Но дивись несообразности разума человеческого. Ныне, когда во Франции все твердят о вольности, когда необузданность и безначалие дошли до края возможного, ценсура во Франции не уничтожена. И хотя все там печатается ныне невозбранно, но тайным образом. Мы недавно читали, – да восплачут французы о участи своей и с ними человечество! – мы читали недавно, что Народное собрание, толико же поступая самодержавно, как доселе их государь, насильственно взяли печатную книгу и сочинителя оной отдали под суд за то, что дерзнул писать против Народного собрания. Лафает был исполнителем сего приговора. О Франция! ты еще хождаешь близ Бастильских пропастей[186].

Размножение книгопечатниц в Немецкой земле, сокрывая от власти орудия оных, отъем лет у нее возможность свирепствовать против рассудка и просвещения. Малые немецкие правления хотя вольности книгопечатания стараются положить преграду, но безуспешно. Векерлин хотя мстящею властию посажен был под стражу, но «Седое чудовище» осталося у всех в руках[187]. Покойный Фридрих II, король прусский, в землях своих печатание сделал почти свободным не каким‑либо законоположением, но дозволением токмо и образом своих мыслей. Чему дивиться; что он не уничтожил ценсуры; он был самодержец, коего любезнейшая страсть была всесилие. Но воздержись от смеха. – Он узнал, что указы, им изданные, некто намерен был, собрав, напечатать. Он и к оным приставил двух ценсоров, или, правильнее сказать, браковщиков. О властвование! о всесилие! ты мышцам своим не доверяешь. Ты боишься собственного своего обвинения, боишься, чтобы язык твой тебя не посрамил, чтобы рука твоя тебя не заушила! – Но какое добро сии насильствованные ценсоры произвести смогли? Не добро, но вред. Скрыли они от глаз потомства нелепое какое‑либо законоположение, которое на суд будущий власть оставить стыдилась, которое, оставшися явным, было бы, может быть, уздою власти, да не дерзает на уродливое. Император Иосиф II рушил отчасти преграду просвещения, которая в Австрийских наследных владениях в царствование Марии Терезии тяготила рассудок; но не мог он стрясти с себя бремени предрассуждений и предлинное издал о ценсуре наставление[188]. Если должно его хвалить за то, что не возбранял опорочивать свои решения, находить в поведении его недостатки и таковые порицания издавать в печати; но похулим его за то, что на свободе в изъяснении мыслей он оставил узду. Сколь легко употребить можно оную во зло!..[189]Чему дивиться? скажем и теперь, как прежде: он был царь. Скажи же, в чьей голове может быть больше несообразностей, если не в царской?

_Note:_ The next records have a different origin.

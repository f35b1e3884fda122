//! The containers sheet, row by row.

ghost use Rattle.std.specs.Prelude.{◌≡◌, ◌≤◌, ◌<◌, ◌+◌, ◌∷◌, ◌++◌, ◌==◌, [], List, length, map, slice_get, nat_le, not, ◌&&◌, None, Some, is_some, unwrap_or, option_copied, Ok, IfOk, OnOk};
ghost use Rattle.std.specs.List.{list_any, list_all};
ghost use Rattle.mdb_items.specs.Checks.{first_broken};
ghost use Rattle.mdb_items.specs.ContainerRows.{new_container_checks, compares_other, continued_checks, entry_checks, columns_checks, is_condition, is_continuing, is_known, is_nothing, is_parent, is_placed, is_repeated, is_too_far, last_path, path_up, with_entry, with_columns, with_new_entry};
ghost use Rattle.mdb_items.specs.declared.parameter.Parameter.{Parameter as ParameterValue};
ghost use Rattle.mdb_items.specs.declared.rows.ContainerColumns.TheVariants.{Begins as BeginsValue};
ghost use Rattle.mdb_items.specs.Paths.{bits_at, last_number, path_at, path_end, paths_of, stands_on, AreEarlier};
ghost use Rattle.mdb_items.specs.Limits.{longest_packet_bits};
ghost use Rattle.mdb_items.specs.Lists.{at_last, is_empty};
ghost use Rattle.mdb_items.specs.Numbers.{is_in_range};
ghost use Rattle.mdb_items.specs.ParameterRows.{referenced_number};
ghost use Rattle.mdb_rules.specs.Totals.{HasPaths, HasSomePaths, KeepsPaths, totals_at};
ghost use Rattle.mdb_items.specs.Texts.{place_of};

use crate::calibration_rows::is_in_range;
use crate::name_index::NameIndex;
use crate::parameter_rows::{is_reference, number_of};
use item_list::items::Items;
use mdb_items::container::{Comparison, Container, ParameterEntry};
use mdb_items::parameter::Parameter;
use mdb_items::rows::{ContainerColumns, EntryPosition, NewContainer, Reference};
use std::alloc::{AllocError, Global};
use text_forms::is_name;

/// What the path from the root down to a container comes to.
#[derive(Drop, Clone, Copy)]
pub struct PathTotals {
    /// How many containers stand on it.
    pub containers: usize,
    /// How many entries they have.
    pub entries: usize,
    /// The bit after the last of them, or 0.
    pub end: u32,
}

/// The containers of the rows so far, their names, and the totals of their paths.
#[derive(Drop)]
pub struct Containers {
    pub names: NameIndex,
    pub all_totals: Vec<PathTotals>,
    pub items: Vec<Container>,
}

fn is_nothing(reference: Reference) -> bool
    ensures { result ≡ is_nothing reference }
{
    matches!(reference, Reference::Nothing)
}

fn is_known(reference: Reference) -> bool
    ensures { result ≡ is_known reference }
{
    matches!(reference, Reference::Known(_))
}

fn is_parent(above: usize, parent: Reference) -> bool
    ensures { result ≡ is_parent above parent }
{
    match parent {
        Reference::Nothing => true,
        Reference::Unknown => false,
        Reference::Known(number) => number < above,
    }
}

fn is_empty<T>(items: &[T]) -> bool
    ensures { result ≡ is_empty items.now }
{
    items.is_empty()
}

/// A continuing row has no entry.
fn lacks_entry(continuing: bool, entry: Reference) -> bool
    ensures { result ≡ (continuing && is_nothing entry) }
{
    continuing && is_nothing(entry)
}

/// The entry would be one more than the 256 of a path.
fn is_one_more(entry: Reference, entries: usize) -> bool
    ensures { result ≡ (is_known entry && nat_le 256 entries) }
{
    is_known(entry) && 256 <= entries
}

fn is_placed(entry: Reference, position: EntryPosition) -> bool
    ensures { result ≡ is_placed entry position }
{
    match entry {
        Reference::Nothing => matches!(position, EntryPosition::Nothing),
        Reference::Unknown => false,
        Reference::Known(_) => matches!(position, EntryPosition::At(_)),
    }
}

pub fn is_continuing(columns: &ContainerColumns) -> bool
    ensures { result ≡ is_continuing columns.now }
{
    matches!(columns, ContainerColumns::Continues(_))
}

fn bits_at(parameters: &[Parameter], number: usize) -> u8
    ensures { result ≡ bits_at parameters.now number }
{
    match parameters.get(number) {
        Some(parameter) => parameter.bits,
        None => 0,
    }
}

fn is_too_far(parameters: &[Parameter], entry: Reference, position: EntryPosition) -> bool
    ensures { result ≡ is_too_far parameters.now entry position }
{
    let Reference::Known(number) = entry else {
        return false;
    };
    let EntryPosition::At(at) = position else {
        return false;
    };
    let bits = bits_at(parameters, number);
    at > 524_336 - bits as u64
}

fn are_in_range(comparisons: &[Comparison]) -> bool
    ensures { result ≡ list_all (λ c. is_in_range c.number) comparisons.now }
{
    comparisons.iter().all(|c| is_in_range(c.number))
}

fn is_condition(condition: &Option<Items<Comparison>>) -> bool
    ensures { result ≡ is_condition condition.now }
{
    match condition {
        None => false,
        Some(comparisons) => comparisons.len() <= 255 && are_in_range(comparisons.as_slice()),
    }
}

/// The comparisons of a condition, none where there's none.
fn comparisons_of(condition: &Option<Items<Comparison>>) -> &[Comparison]
    ensures { result.now ≡ unwrap_or condition.now [] }
{
    match condition {
        None => &[],
        Some(comparisons) => comparisons.as_slice(),
    }
}

fn condition_or_empty(alloc: Global, condition: Option<Items<Comparison>>) -> Items<Comparison>
    ensures { result ≡ unwrap_or condition [] }
{
    match condition {
        None => Items::new(alloc),
        Some(comparisons) => comparisons,
    }
}

fn has_entry(entries: &[ParameterEntry], parameter: usize) -> bool
    ensures { result ≡ stands_on entries.now parameter }
{
    entries.iter().any(|e| e.parameter == parameter)
}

В России… Что в России с ценсурою происходило, узнаете в другое время. А теперь, не производя ценсуры над почтовыми лошадьми, я поспешно отправился в путь.

 

 

Медное

 

«Во поле береза стояла, во поле кудрявая стояла, ой люли, люли, люли, люли…» Хоровод молодых баб и девок; пляшут; подойдем поближе, – говорил я сам себе, развертывая найденные бумаги моего приятеля. Но я читал следующее. Не мог дойти до хоровода. Уши мои задернулись печалию, и радостный глас нехитростного веселия до сердца моего не проник. О мой друг! где бы ты ни был, внемли и суди[190].

Каждую неделю два раза вся Российская империя извещается[191], что Н. Н. или Б. Б. в несостоянии или не хочет платить того, что занял, или взял, или чего от него требуют. Занятое либо проиграно, проезжено, прожито, проедено, пропито, про… или раздарено, потеряно в огне или воде, или Н. Н. или Б. Б. другими какими‑либо случаями вошел в долг или под взыскание. То и другое наравне в ведомостях приемлется. Публикуется: «Сего… дня пополуночи в 10 часов, по определению уездного суда или городового магистрата, продаваться будет с публичного торга отставного капитана Г… недвижимое имение, дом, состоящий в… части, под №… и при нем шесть душ мужеского и женского полу; продажа будет при оном доме. Желающие могут осмотреть заблаговременно».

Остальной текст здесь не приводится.